Growth and Spectral Analysis of Stacked Quantum Dots for Broadband Superluminescent Diodes

Abstract

Stacks of different quantum dot (QD) structures were adopted and characterized for broadband superluminescent diodes (SLDs). Each QD structure in the stacked QD structures exhibited a unique peak in the photoluminescence (PL) spectrum, showing ground-state peaks of ~1272, ~1185 and ~1090 nm for InGaAs-capped InAs QDs, InAs QDs, and InGaAs QDs, respectively. Two SLD structures, one with the stack of InGaAs-capped InAs QDs, InAs QDs, and InGaAs QDs and the other with the stack of InGaAs-capped InAs QDs and InAs QDs, were grown and fabricated into devices.
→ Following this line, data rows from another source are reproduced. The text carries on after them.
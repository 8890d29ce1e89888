// Checks a dump, entries read from a board, against firmware: whether every valid entry fits, as a trap, a trap return or a transfer
// that the code at its source makes; or the first that does not, and why (docs/RULES.md, F).
#![tactic(auto)]

mod entries;
mod fetch;
mod firmware;
mod offsets;

ghost use Rattle.std.specs.Prelude.{◌≡◌};
ghost use Rattle.dump.specs.Checks.{check_of, reason_number, rejection_number, number_of};

use firmware::Firmware;

// Why an entry does not fit, in the order in which the reasons are looked for.
#[derive(Clone, Copy, Debug, PartialEq, Eq)]
pub enum Reason {
    SourceOutside,
    CutOff,
    TypeUnlike,
    TargetWrong,
}

// Why a dump is not accepted: it is refused, with the number why; or its first misfit, by its index and the reason.
#[derive(Clone, Copy, Debug, PartialEq, Eq)]
pub enum Rejection {
    Refused(u64),
    Misfit(usize, Reason),
}

// Checks entries, three words each in logical order, against the code from base on. The switch zc says whether the machine has Zcmp
// and Zcmt. Refused are 6, a length that is no multiple of three, and 11, an odd base or an end past 2^64, in this order.
#[tactic(auto, using(std::proofs::lemmas::Bool::Decides::nat_tests), unfolding(crate::specs::Checks::check_of))]
pub fn check(code: &[u8], base: u64, entries: &[u64], zc: bool) -> Result<(), Rejection>
    ensures { result ≡ check_of code.now base entries.now zc }
{
    let firmware = Firmware { code, base, zc };
    if entries.len() % 3 != 0 {
        Err(Rejection::Refused(6))
    } else if !firmware.is_placed() {
        Err(Rejection::Refused(11))
    } else {
        firmware.check_entries(entries)
    }
}

impl From<Reason> for u64 {
    ghost from_gives = { λ r n. n ≡ reason_number r };

    fn from(reason: Reason) -> u64 {
        match reason {
            Reason::SourceOutside => 1,
            Reason::CutOff => 2,
            Reason::TypeUnlike => 3,
            Reason::TargetWrong => 4,
        }
    }
}

impl From<Rejection> for u64 {
    ghost from_gives = { λ r n. n ≡ rejection_number r };

    fn from(rejection: Rejection) -> u64 {
        match rejection {
            Rejection::Refused(number) => number,
            Rejection::Misfit(_, reason) => u64::from(reason),
        }
    }
}

// The number of an answer: 0 accepted, that of the refusal (6 or 11), or the reason's.
pub fn number(answer: Result<(), Rejection>) -> u64
    ensures { result ≡ number_of answer }
{
    match answer {
        Ok(()) => 0,
        Err(rejection) => u64::from(rejection),
    }
}
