// The instruction at an address of the image.
#![tactic(auto, using(std::proofs::lemmas::Bool::Decides::nat_tests), unfolding(crate::specs::Checks::fetched_with, crate::specs::Checks::is_inside, crate::specs::Checks::fetched_at))]

ghost use Rattle.std.specs.Prelude.{◌≡◌, ◌+◌, ◌-◌, ◌<◌, length};
ghost use Rattle.classifier.specs.Instructions.{is16};
ghost use Rattle.dump.specs.Checks as Checks;

use crate::Reason;
use crate::firmware::Firmware;

// The 16 bits from byte k on.
fn half_at(code: &[u8], k: usize) -> u16
    requires { k + 1 < length code.now }
    ensures { result ≡ Checks.half_at code.now k }
{
    u16::from_le_bytes([code[k], code[k + 1]])
}

// The 32 bits from byte k on.
fn word_at(code: &[u8], k: usize) -> u32
    requires { k + 3 < length code.now }
    ensures { result ≡ Checks.word_at code.now k }
{
    u32::from_le_bytes([code[k], code[k + 1], code[k + 2], code[k + 3]])
}

// Whether an instruction has 16 bits, by its low half.
pub(crate) fn is_short(word: u32) -> bool
    ensures { result ≡ is16 word }
{
    bits::field32(word, 0, 2) != 3
}

// The instruction from byte k on.
fn fetch_at(code: &[u8], k: usize) -> Result<u32, Reason>
    requires { k < length code.now }
    ensures { result ≡ Checks.fetched_with code.now k (length code.now - k) }
{
    let left = code.len() - k;
    if left < 2 {
        return Err(Reason::CutOff);
    }
    let half = u32::from(half_at(code, k));
    if is_short(half) {
        Ok(half)
    } else if left < 4 {
        Err(Reason::CutOff)
    } else {
        Ok(word_at(code, k))
    }
}

impl Firmware<'_> {
    // Whether the image has a byte at pc.
    fn is_inside(&self, pc: u64) -> bool
        ensures { result ≡ Checks.is_inside (length self.now.code.now) self.now.base pc }
    {
        self.base <= pc && pc - self.base < self.code.len() as u64
    }

    // The instruction at pc.
    pub(crate) fn fetch(&self, pc: u64) -> Result<u32, Reason>
        ensures { result ≡ Checks.fetched_at self.now.code.now self.now.base pc }
    {
        if self.is_inside(pc) {
            fetch_at(self.code, (pc - self.base) as usize)
        } else {
            Err(Reason::SourceOutside)
        }
    }
}
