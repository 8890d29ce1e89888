// The offsets of instructions that have one, in 64 bits.
ghost use Rattle.std.specs.Prelude.{◌≡◌, ◌<◌};
ghost use Rattle.dump.specs.Offsets as Offsets;
ghost use Rattle.dump.specs.Checks.{branch_offset};

use crate::fetch::is_short;

// The k bits of the word from bit n up, put from bit `to` up.
fn part(word: u32, n: u32, k: u32, to: u32) -> u64
    requires { to < 16 }
    ensures { result ≡ Offsets.part word n k to }
{
    u64::from(bits::field32(word, n, k)) << to
}

// Bit n of the word as the sign of a number: bit `to` and each one above.
fn sign(word: u32, n: u32, to: u32) -> u64
    requires { to < 64 }
    ensures { result ≡ Offsets.sign word n to }
{
    if bits::field32(word, n, 1) == 1 {
        u64::MAX - (1 << to) + 1
    } else {
        0
    }
}

// JAL.
pub(crate) fn jal_offset(word: u32) -> u64
    ensures { result ≡ Offsets.J·offset word }
{
    sign(word, 31, 20) + part(word, 21, 10, 1) + part(word, 20, 1, 11) + part(word, 12, 8, 12)
}

// Branches of 32 bits.
fn wide_branch_offset(word: u32) -> u64
    ensures { result ≡ Offsets.B·offset word }
{
    sign(word, 31, 12) + part(word, 25, 6, 5) + part(word, 8, 4, 1) + part(word, 7, 1, 11)
}

// C.J.
pub(crate) fn c_j_offset(word: u32) -> u64
    ensures { result ≡ Offsets.CJ·offset word }
{
    sign(word, 12, 11)
        + part(word, 11, 1, 4)
        + part(word, 9, 2, 8)
        + part(word, 8, 1, 10)
        + part(word, 7, 1, 6)
        + part(word, 6, 1, 7)
        + part(word, 3, 3, 1)
        + part(word, 2, 1, 5)
}

// C.BEQZ and C.BNEZ.
fn short_branch_offset(word: u32) -> u64
    ensures { result ≡ Offsets.CB·offset word }
{
    sign(word, 12, 8)
        + part(word, 10, 2, 3)
        + part(word, 5, 2, 6)
        + part(word, 3, 2, 1)
        + part(word, 2, 1, 5)
}

#[tactic(auto, unfolding(crate::specs::Checks::branch_offset))]
pub(crate) fn branch_offset(word: u32) -> u64
    ensures { result ≡ branch_offset word }
{
    if is_short(word) {
        short_branch_offset(word)
    } else {
        wide_branch_offset(word)
    }
}
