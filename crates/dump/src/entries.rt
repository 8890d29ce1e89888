// An entry beside the word at its source.
#![tactic(auto, unfolding(crate::specs::Checks::may_go, crate::specs::Checks::is_like, crate::specs::Checks::word_verdict))]

ghost use Rattle.std.specs.Prelude.{◌≡◌, ◌==◌};
ghost use Rattle.classifier.specs.Instructions.{JAL, C·J};
ghost use Rattle.dump.specs.Checks as Checks;

use crate::Reason;
use crate::offsets::{branch_offset, c_j_offset, jal_offset};

// A valid entry: where it goes from and to, and the number of its type.
#[derive(Clone, Copy)]
pub(crate) struct Entry {
    pub(crate) pc: u64,
    pub(crate) target: u64,
    pub(crate) type_number: u64,
}

fn is_jal(word: u32) -> bool
    ensures { result ≡ JAL word }
{
    bits::field32(word, 0, 7) == 0b110_1111
}

fn is_c_j(word: u32) -> bool
    ensures { result ≡ C·J word }
{
    bits::field32(word, 0, 2) == 0b01 && bits::field32(word, 13, 3) == 0b101
}

impl Entry {
    // Whether an offset takes it to its target.
    fn lands(self, offset: u64) -> bool
        ensures { result ≡ ((Checks.moved self.pc offset) == self.target) }
    {
        self.pc.wrapping_add(offset) == self.target
    }

    // Whether it is a transfer that the word can make.
    fn may_go(self, word: u32) -> bool
        ensures { result ≡ Checks.may_go self.pc word self.type_number self.target }
    {
        if self.type_number == 4 {
            self.lands(u64::from(classifier::length(word)))
        } else if self.type_number == 5 {
            self.lands(branch_offset(word))
        } else if is_jal(word) {
            self.lands(jal_offset(word))
        } else if is_c_j(word) {
            self.lands(c_j_offset(word))
        } else {
            true
        }
    }

    // Whether its type is the word's. A branch fits 4 and 5.
    fn is_like(self, word: u32, zc: bool) -> bool
        ensures { result ≡ Checks.is_like zc word self.type_number }
    {
        let instruction = classifier::classify(word, zc);
        u64::from(classifier::type_number(instruction.transfer, self.type_number == 5))
            == self.type_number
    }

    // The entry beside the word at its source.
    pub(crate) fn word_verdict(self, word: u32, zc: bool) -> Result<(), Reason>
        ensures { result ≡ Checks.word_verdict zc word self.pc self.target self.type_number }
    {
        if !self.is_like(word, zc) {
            Err(Reason::TypeUnlike)
        } else if !self.may_go(word) {
            Err(Reason::TargetWrong)
        } else {
            Ok(())
        }
    }
}
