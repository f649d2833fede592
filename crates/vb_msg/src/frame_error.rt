// Why no message was read.
use std::alloc::AllocError;
use thiserror::Error;

/// Why bytes don't begin with a message.
#[derive(Clone, Copy, Debug, PartialEq, Eq, Error)]
pub enum FrameError {
    /// No frame begins so, whatever follows.
    #[error("no frame begins so")]
    BadFrame,
    /// A frame may begin so, and more bytes are wanted.
    #[error("the frame goes on past these bytes")]
    Short,
    #[error("no memory was found")]
    Memory,
}

impl From<AllocError> for FrameError {
    ghost use Rattle.std.specs.Prelude.{◌≡◌};
    ghost use Rattle.vb_msg.specs.declared.frame_error.FrameError.TheVariants.{Memory};

    ghost from_gives = { λ _ error. error ≡ Memory };

    fn from(_error: AllocError) -> FrameError {
        FrameError::Memory
    }
}
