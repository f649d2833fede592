// What a folder says to its cloud: messages, and the frames that carry them as bytes.
#![tactic(auto)]

mod bodies;
mod frame_error;
mod laws;
mod message;
mod ranges;
mod reading;
mod writing;

pub use frame_error::FrameError;
pub use laws::{
    bytes_hold_one_list_of_messages, frames_tell_their_messages, fronts_of_frames_are_short,
};
pub use message::Msg;
pub use ranges::{CloudId, EntryPath, Epoch, PartBytes};
pub use reading::decode;
pub use writing::encode;

#[cfg(test)]
mod tests;
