// Reads the message of a frame at the front of some bytes.
ghost use Rattle.std.specs.Prelude.{◌≡◌, ◌+◌, ◌≤◌, ◌++◌, ℕ, List, length, true, Ok, take, drop};
ghost use Rattle.vb_msg.specs.declared.message.Msg.{Msg};
ghost use Rattle.vb_block.specs.Numbers.{four_bytes};
ghost use Rattle.vb_msg.specs.Frames.{body_length, front_of, frame, has_length, DecodesTo, IsUnlessMemory};

use crate::bodies::message_of;
use crate::{FrameError, Msg};
use byteorder::{ByteOrder, LittleEndian};
use sha2::{Digest, Sha256};
use std::alloc::Global;

/// The message whose frame the bytes begin with, and how many bytes that frame takes. Other bytes may follow it.
/// `Short` asks for more bytes; `BadFrame` comes as soon as no frame can begin so.
pub fn decode(alloc: Global, bytes: &[u8]) -> Result<(Msg, usize), FrameError>
    ensures decoded { DecodesTo bytes.now result }
    ensures accepted { (m : Msg) (more : List ℕ) → bytes.now ≡ frame m ++ more → IsUnlessMemory (Ok (m, length (frame m))) result }
{
    read_frame(alloc, bytes)
}

// The same, by what DecodesTo says alone.
fn read_frame(alloc: Global, bytes: &[u8]) -> Result<(Msg, usize), FrameError>
    ensures { DecodesTo bytes.now result }
{
    let len = match body_len(bytes) {
        Ok(len) => len,
        Err(error) => return Err(error),
    };
    let (covered, rest) = bytes.split_at(len + 5);
    let (kept, _) = rest.split_at(32);
    let (_, rest) = split_u32(covered);
    let Some((number, body)) = rest.split_first() else {
        unreachable!()
    };
    let digest: [u8; 32] = Sha256::digest(covered);
    if kept != digest.as_slice() {
        return Err(FrameError::BadFrame);
    }
    match message_of(alloc, *number, body) {
        Ok(msg) => Ok((msg, len + 37)),
        Err(error) => Err(error),
    }
}

// The length of the body of the frame that begins some bytes.
fn body_len(bytes: &[u8]) -> Result<usize, FrameError>
    ensures { result ≡ front_of bytes.now }
{
    if bytes.len() < 4 {
        return Err(FrameError::Short);
    }
    let len = body_length(bytes);
    if len > 4096 {
        return Err(FrameError::BadFrame);
    }
    if bytes.len() < 5 {
        return Err(FrameError::Short);
    }
    if !has_length(bytes[4], len) {
        return Err(FrameError::BadFrame);
    }
    if bytes.len() < len + 37 {
        return Err(FrameError::Short);
    }
    Ok(len)
}

// Whether a body of this number may have this length.
fn has_length(number: u8, len: usize) -> bool
    ensures { result ≡ has_length number len }
{
    match number {
        0 => len == 16,
        1 | 7 => len == 8,
        2 | 4 => len == 0,
        3 => 1 <= len && len <= 4096,
        5 => 5 <= len && len <= 1027,
        6 => 8 <= len && len <= 2052,
        _ => false,
    }
}

// The length of a body, in the first four bytes.
#[tactic(auto, unfolding(crate::specs::Frames::body_length))]
fn body_length(bytes: &[u8]) -> usize
    requires { 4 ≤ length bytes.now }
    ensures length { result ≡ body_length bytes.now }
{
    LittleEndian::read_u32(bytes) as usize
}

// The number in the first four bytes, and the bytes after it.
#[tactic(auto, unfolding(vb_block::specs::Numbers::four_bytes))]
fn split_u32(bytes: &[u8]) -> (u32, &[u8])
    requires { 4 ≤ length bytes.now }
    ensures parts { bytes.now ≡ four_bytes result.0 ++ result.1.now }
    ensures length { length result.1.now + 4 ≡ length bytes.now }
{
    let (front, rest) = bytes.split_at(4);
    let number = u32::from_le_bytes([front[0], front[1], front[2], front[3]]);
    (number, rest)
}
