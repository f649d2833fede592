// What the fields of messages are, each in its range.
ghost use Rattle.std.specs.Prelude.{◌≡◌, ◌<◌, ◌≤◌, ◌^◌, ◌⊎◌, length, true, false, IfOk, IfSome, IsNone, ◌↔◌};
ghost use Rattle.vb_path.specs.Paths.{IsPath};
ghost use Rattle.vb_tree.specs.Trees.{is_root};
ghost use Rattle.vb_msg.specs.Ranges.{are_zeros};

use std::alloc::{AllocError, Global};
use vb_block::FolderId;
use vb_tree::{Bytes, Path};

/// An epoch that a message may name: below 2^63.
#[derive(Clone, Copy, Debug, PartialEq, Eq)]
pub struct Epoch {
    pub number: u64,
    pub ghost small: { number < 2 ^ 63 },
}

/// The name of a folder, which isn't all zeros: those stand for a cloud without a name.
#[derive(Clone, Copy, Debug, PartialEq, Eq)]
pub struct CloudId {
    pub id: FolderId,
    pub ghost whole: { length id ≡ 16 },
    pub ghost named: { are_zeros id ≡ false },
}

/// A part of a file's content: 1 to 4,096 bytes.
#[derive(Debug, PartialEq, Eq, Drop)]
pub struct PartBytes {
    pub bytes: Bytes,
    pub ghost some: { 1 ≤ length bytes },
    pub ghost few: { length bytes ≤ 4096 },
}

/// The path of an entry: any but the root.
#[derive(Debug, PartialEq, Eq, Drop)]
pub struct EntryPath {
    pub path: Path,
    pub ghost valid: { IsPath path },
    pub ghost below: { is_root path ≡ false },
}

impl Epoch {
    /// The epoch of a number, and None where it is out of the range.
    pub fn of(number: u64) -> Option<Epoch>
        ensures some { IfSome result (λ epoch. epoch.number ≡ number) }
        ensures none { IsNone result ↔ (2 ^ 63 ≤ number) }
    {
        if number < 1 << 63 {
            Some(Epoch { number })
        } else {
            None
        }
    }
}

impl CloudId {
    /// The name of a folder, and None where it is all zeros.
    pub fn of(id: FolderId) -> Option<CloudId>
        ensures some { IfSome result (λ named. named.id ≡ id) }
        ensures none { IsNone result ↔ (are_zeros id ≡ true) }
    {
        if are_zeros(id.bytes()) {
            None
        } else {
            Some(CloudId { id })
        }
    }
}

impl PartBytes {
    /// A part of these bytes, and None where there are none or more than 4,096.
    pub fn of(bytes: Bytes) -> Option<PartBytes>
        ensures some { IfSome result (λ part. part.bytes ≡ bytes) }
        ensures none { IsNone result → (length bytes ≡ 0) ⊎ (4096 < length bytes) }
    {
        if bytes.is_empty() || bytes.len() > 4096 {
            None
        } else {
            Some(PartBytes { bytes })
        }
    }

    /// An equal part.
    pub fn copy(&self, alloc: Global) -> Result<PartBytes, AllocError>
        ensures { IfOk result (λ copied. copied ≡ self.now) }
    {
        Ok(PartBytes {
            bytes: Bytes::of(alloc, self.bytes.slice())?,
        })
    }
}

impl EntryPath {
    /// The path of an entry, and None for the root.
    pub fn of(path: Path) -> Option<EntryPath>
        ensures some { IfSome result (λ entry. entry.path ≡ path) }
        ensures none { IsNone result ↔ (is_root path ≡ true) }
    {
        let _ = path.text();
        if path.parts().is_empty() {
            None
        } else {
            Some(EntryPath { path })
        }
    }

    /// An equal path.
    pub fn copy(&self, alloc: Global) -> Result<EntryPath, AllocError>
        ensures { IfOk result (λ copied. copied ≡ self.now) }
    {
        Ok(EntryPath {
            path: self.path.copy(alloc)?,
        })
    }
}

// Whether each byte is zero.
fn are_zeros(bytes: &[u8]) -> bool
    ensures { result ≡ are_zeros bytes.now }
{
    bytes.iter().all(|&byte| byte == 0)
}
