// What a head says.
use vb_block::{Digest, FolderId, Why};

/// What a store is doing.
#[derive(Clone, Copy, Debug, PartialEq, Eq)]
pub enum State {
    /// The homes of the nodes hold the committed state.
    Closed,
    /// The first `count` images of the journal are yet to be put over the homes.
    Opened { count: u32 },
    /// The store is being made, and holds nothing that can be read.
    Rebuilding,
}

/// What a head says of its store.
#[derive(Clone, Copy, Debug, PartialEq, Eq)]
pub struct Head {
    /// The folder that the store holds.
    pub id: FolderId,
    /// How many places the store has.
    pub blocks: u32,
    /// How many nodes it has.
    pub nodes: u32,
    /// Rises with each head that is written. The greater one of two heads counts.
    pub sequence: u64,
    /// The last committed epoch.
    pub epoch: u64,
    pub state: State,
}

/// What a page reads as, where a head is due.
#[derive(Clone, Copy, Debug, PartialEq, Eq)]
pub enum HeadRead {
    /// A head.
    Good(Head),
    /// The head of a store, one of whose fields fails this check.
    Bad(Why),
    /// A sealed block that is no head of this version.
    Alien,
    /// The last 32 bytes, `kept`, aren't the SHA-256 of those before them, `found`.
    Unsealed { kept: Digest, found: Digest },
    /// Zeros alone.
    Blank,
}
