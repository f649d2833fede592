// Writes a message as its frame.
ghost use Rattle.std.specs.Prelude.{◌≡◌, ◌++◌, IfOk, OnOk};
ghost use Rattle.vb_msg.specs.Frames.{body_of, frame, number_of, number_of_kind, path_bytes};

use crate::{EntryPath, Msg};
use sha2::{Digest, Sha256};
use std::alloc::{AllocError, Global};
use vb_tree::{Bytes, Kind};

#[tactic(auto, using(crate::proofs::WholeFrames::body_lengths), unfolding(vb_block::specs::Numbers::four_bytes))]
/// The one frame of a message: the length of its body in four bytes, its number in one, the body, and the
/// SHA-256 of all these. At most 4,133 bytes.
pub fn encode(alloc: Global, msg: &Msg) -> Result<Bytes, AllocError>
    ensures { IfOk result (λ bytes. bytes ≡ frame msg.now) }
{
    let mut body = Bytes::new(alloc);
    add_body(&mut body, msg)?;
    let mut bytes = Bytes::new(alloc);
    bytes.extend(&(body.len() as u32).to_le_bytes())?;
    bytes.add(number_of(msg))?;
    bytes.extend(body.slice())?;
    let digest: [u8; 32] = Sha256::digest(bytes.slice());
    bytes.extend(&digest)?;
    Ok(bytes)
}

// The number of a message.
fn number_of(msg: &Msg) -> u8
    ensures { result ≡ number_of msg.now }
{
    match msg {
        Msg::Claim { id: _ } => 0,
        Msg::Begin { epoch: _ } => 1,
        Msg::Object => 2,
        Msg::Part { bytes: _ } => 3,
        Msg::Seal => 4,
        Msg::Enter { path: _, kind: _ } => 5,
        Msg::Keep { path: _, origin: _ } => 6,
        Msg::Publish { epoch: _ } => 7,
    }
}

// Adds the body of a message.
#[tactic(auto, unfolding(vb_block::specs::Numbers::eight_bytes))]
fn add_body(body: &mut Bytes, msg: &Msg) -> Result<(), AllocError>
    ensures { OnOk result (body.new ≡ body.old ++ body_of msg.now) }
{
    match msg {
        Msg::Claim { id } => body.extend(id.id.bytes()),
        Msg::Begin { epoch } | Msg::Publish { epoch } => body.extend(&epoch.number.to_le_bytes()),
        Msg::Object | Msg::Seal => Ok(()),
        Msg::Part { bytes } => body.extend(bytes.bytes.slice()),
        Msg::Enter { path, kind } => {
            body.add(number_of_kind(*kind))?;
            add_path(body, path)
        }
        Msg::Keep { path, origin } => {
            add_path(body, path)?;
            add_path(body, origin)
        }
    }
}

// The number of a kind of entry.
fn number_of_kind(kind: Kind) -> u8
    ensures { result ≡ number_of_kind kind }
{
    match kind {
        Kind::Folder => 1,
        Kind::File => 2,
    }
}

#[tactic(auto, unfolding(crate::specs::Frames::path_bytes, vb_block::specs::Numbers::two_bytes))]
// Adds a path: the length of its text in two bytes, and the text.
fn add_path(body: &mut Bytes, entry: &EntryPath) -> Result<(), AllocError>
    ensures { OnOk result (body.new ≡ body.old ++ path_bytes entry.now.path) }
{
    let text = entry.path.text();
    body.extend(&(text.len() as u16).to_le_bytes())?;
    body.extend(text)
}
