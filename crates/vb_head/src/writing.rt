// Writes a head to its block.
ghost use Rattle.std.specs.Prelude.{◌≡◌, ◌++◌, IfOk, replicate};
ghost use Rattle.vb_head.specs.Heads.{count_of, fields_from, head_page, number_of, IsInRange};

use crate::reading::{SIGNATURE, VERSION};
use crate::{Head, State};
use std::alloc::{AllocError, Global};
use vb_block::{Page, put_u32, put_u64, seal};

/// The one page of a head.
pub fn write_head(alloc: Global, head: &Head) -> Result<Page, AllocError>
    requires { IsInRange head.now }
    ensures { IfOk result (λ page. page ≡ head_page head.now) }
{
    let mut page = Page::zero(alloc)?;
    page.set(0, &SIGNATURE);
    put_u32(&mut page, 8, VERSION);
    page.set(12, head.id.bytes());
    put_u32(&mut page, 28, head.blocks);
    put_u32(&mut page, 32, head.nodes);
    put_u64(&mut page, 36, head.sequence);
    put_u64(&mut page, 44, head.epoch);
    put_u32(&mut page, 52, state_number(head.state));
    put_u32(&mut page, 56, image_count(head.state));
    seal(&mut page);
    Ok(page)
}

// The number of a state.
fn state_number(state: State) -> u32
    ensures { result ≡ number_of state }
{
    match state {
        State::Closed => 0,
        State::Opened { count: _ } => 1,
        State::Rebuilding => 2,
    }
}

// The count of journal images, 0 unless Opened.
fn image_count(state: State) -> u32
    ensures { result ≡ count_of state }
{
    match state {
        State::Opened { count } => count,
        _ => 0,
    }
}
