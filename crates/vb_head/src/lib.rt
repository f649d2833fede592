// Heads: the blocks that say of which size a store is and which of its states is committed.
#![tactic(auto)]

mod head;
mod reading;
mod writing;

pub use head::{Head, HeadRead, State};
pub use reading::read_head;
pub use writing::write_head;

#[cfg(test)]
mod tests;
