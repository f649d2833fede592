// The messages of a folder to its cloud.
ghost use Rattle.std.specs.Prelude.{◌≡◌, IfOk};

use crate::{CloudId, EntryPath, Epoch, PartBytes};
use std::alloc::{AllocError, Global};
use vb_tree::Kind;

/// One message. Its fields keep the ranges, so that no call which takes a message has a condition on it.
#[derive(Debug, PartialEq, Eq, Drop)]
pub enum Msg {
    /// The cloud gets this name. It has to have none.
    Claim { id: CloudId },
    /// A draft of this epoch begins, empty. A draft that was there goes.
    Begin { epoch: Epoch },
    /// A file's content begins, empty.
    Object,
    /// The next bytes of the content.
    Part { bytes: PartBytes },
    /// The content is whole.
    Seal,
    /// A folder, or a file with the content that was sealed, enters the draft.
    Enter { path: EntryPath, kind: Kind },
    /// A file with the content of a published file enters the draft.
    Keep { path: EntryPath, origin: EntryPath },
    /// The draft is shown in place of the view before.
    Publish { epoch: Epoch },
}

impl Msg {
    /// An equal message.
    pub fn copy(&self, alloc: Global) -> Result<Msg, AllocError>
        ensures { IfOk result (λ copied. copied ≡ self.now) }
    {
        Ok(match self {
            Msg::Claim { id } => Msg::Claim { id: *id },
            Msg::Begin { epoch } => Msg::Begin { epoch: *epoch },
            Msg::Object => Msg::Object,
            Msg::Part { bytes } => Msg::Part {
                bytes: bytes.copy(alloc)?,
            },
            Msg::Seal => Msg::Seal,
            Msg::Enter { path, kind } => Msg::Enter {
                path: path.copy(alloc)?,
                kind: *kind,
            },
            Msg::Keep { path, origin } => Msg::Keep {
                path: path.copy(alloc)?,
                origin: origin.copy(alloc)?,
            },
            Msg::Publish { epoch } => Msg::Publish { epoch: *epoch },
        })
    }
}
The SLDs with a stack of three different QD structures and with a stack of two different QD structures showed spectral bandwidths of 173.6 nm and 188.2 nm, respectively, in the electroluminescence (EL) measurements. The larger spectral bandwidth of the SLD with three different QD structures is thought to be due to the addition of the short-wavelength-emitting InGaAs QD structure. We analyzed the sub-peaks in the EL spectra of the SLD structures and suggested the stacking of QD structures to get broadband SLDs.